Taking place in the shadow of the Tokyo’s Earthquake and Tsunami of 2011, Blind Willow, Sleeping Woman introduces the interconnecting narratives of Komura, Kyoko and Mr. Katagiri. Despite his commitment to her, Komura (Ryan Bommarito) is left shaken when his wife, Kyoko (Shoshana Wilder) tells him that she’s leaving him. To Kyoko, living with Komura is like ‘living with a cloud’ and she can bear it no longer. This sets the couple off in separate journeys of self-discovery with Komura taking time off work and Kyoko reflecting on a man she once met who offered her a wish. Meanwhile, after a particularly difficult day at work, Mr. Katagari (Marcelo Arroyo) comes home to meet a human-sized frog who pleads for his help in saving Tokyo from a giant worm.
Written and directed by Pierre Foldes, Blind Willow, Sleeping Woman is an intriguing and philosophical piece designed to spark conversation. Rather than lean into traditional storytelling devices, the narrative fuses together a number of character arcs in a dream-like, ethereal narrative. Featuring some truly innovative animation, Willows uses its creative space to open the floor for the impossible. Philosophical frogs, trancelike ventures into the jungle and destructive kaiju worms are all aspects of the film’s mythology, blurring the lines between what is real and what is not.

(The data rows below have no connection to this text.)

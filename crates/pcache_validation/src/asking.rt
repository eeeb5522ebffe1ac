//! With which validators a cache asks again (RFC 9111 section 4.3.1).

ghost use Rattle.std.specs.Prelude.{◌≡◌};
ghost use Rattle.std.specs.Option.{option_copied};
ghost use Rattle.pcache_meta.specs.Header.{shown_fields};
ghost use Rattle.pcache_validation.specs.Fields.{bytes_of};
ghost use Rattle.pcache_validation.specs.Asking.{sent_date, sent_since, sent_tag};

use crate::fields::{date_of, first, has};
use crate::validators::entity_tag;
use http_header::{DATE, ETAG, HeaderMap, HeaderName, HeaderValue, LAST_MODIFIED};

/// The value of If-None-Match with which to ask again for a stored response: its ETag, if that
/// spells an entity tag.
pub fn if_none_match(stored: &HeaderMap) -> Option<&HeaderValue>
    ensures { bytes_of (option_copied result) ≡ sent_tag (shown_fields stored.now) }
{
    // A sender may not send what the grammar does not have.
    if entity_tag(stored).is_none() {
        return None;
    }
    first(stored, &ETAG)
}

// The value of a field that is a date.
fn date_line<'a>(stored: &'a HeaderMap, name: &HeaderName) -> Option<&'a HeaderValue>
    ensures { bytes_of (option_copied result) ≡ sent_date (shown_fields stored.now) name.now }
{
    if date_of(stored, name).is_none() {
        return None;
    }
    first(stored, name)
}

/// The value of If-Modified-Since with which to ask again for a stored response: its Last-Modified
/// or, if it has none, its Date. A value that is no date is not sent.
pub fn if_modified_since(stored: &HeaderMap) -> Option<&HeaderValue>
    ensures { bytes_of (option_copied result) ≡ sent_since (shown_fields stored.now) }
{
    if has(stored, &LAST_MODIFIED) {
        date_line(stored, &LAST_MODIFIED)
    } else {
        date_line(stored, &DATE)
    }
}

At the same time, Willows as a film about trying to unearth that same reality. Having spent much of his career creating music, there’s no question that Foldes wanted to imbue a lyrical feel to his film. While the viewer may find themselves wishing for more narrative cohesions, Foldes clearly wants to spend his time sitting amidst the noise of life, asking if there’s any meaning to it all. As a result, Willow feels like a puzzle box just waiting to be unlocked. Whether it’s Komura’s journey, Kyoko’s mysterious wish or Mr. Katagari’s dance with heroism, the most important answers to Foldes’ questions remain elusive. There is an ebb and flow to the storytelling that makes it feel almost like an adventure in jazz, with each story feeding off the next yet never interfering with it either.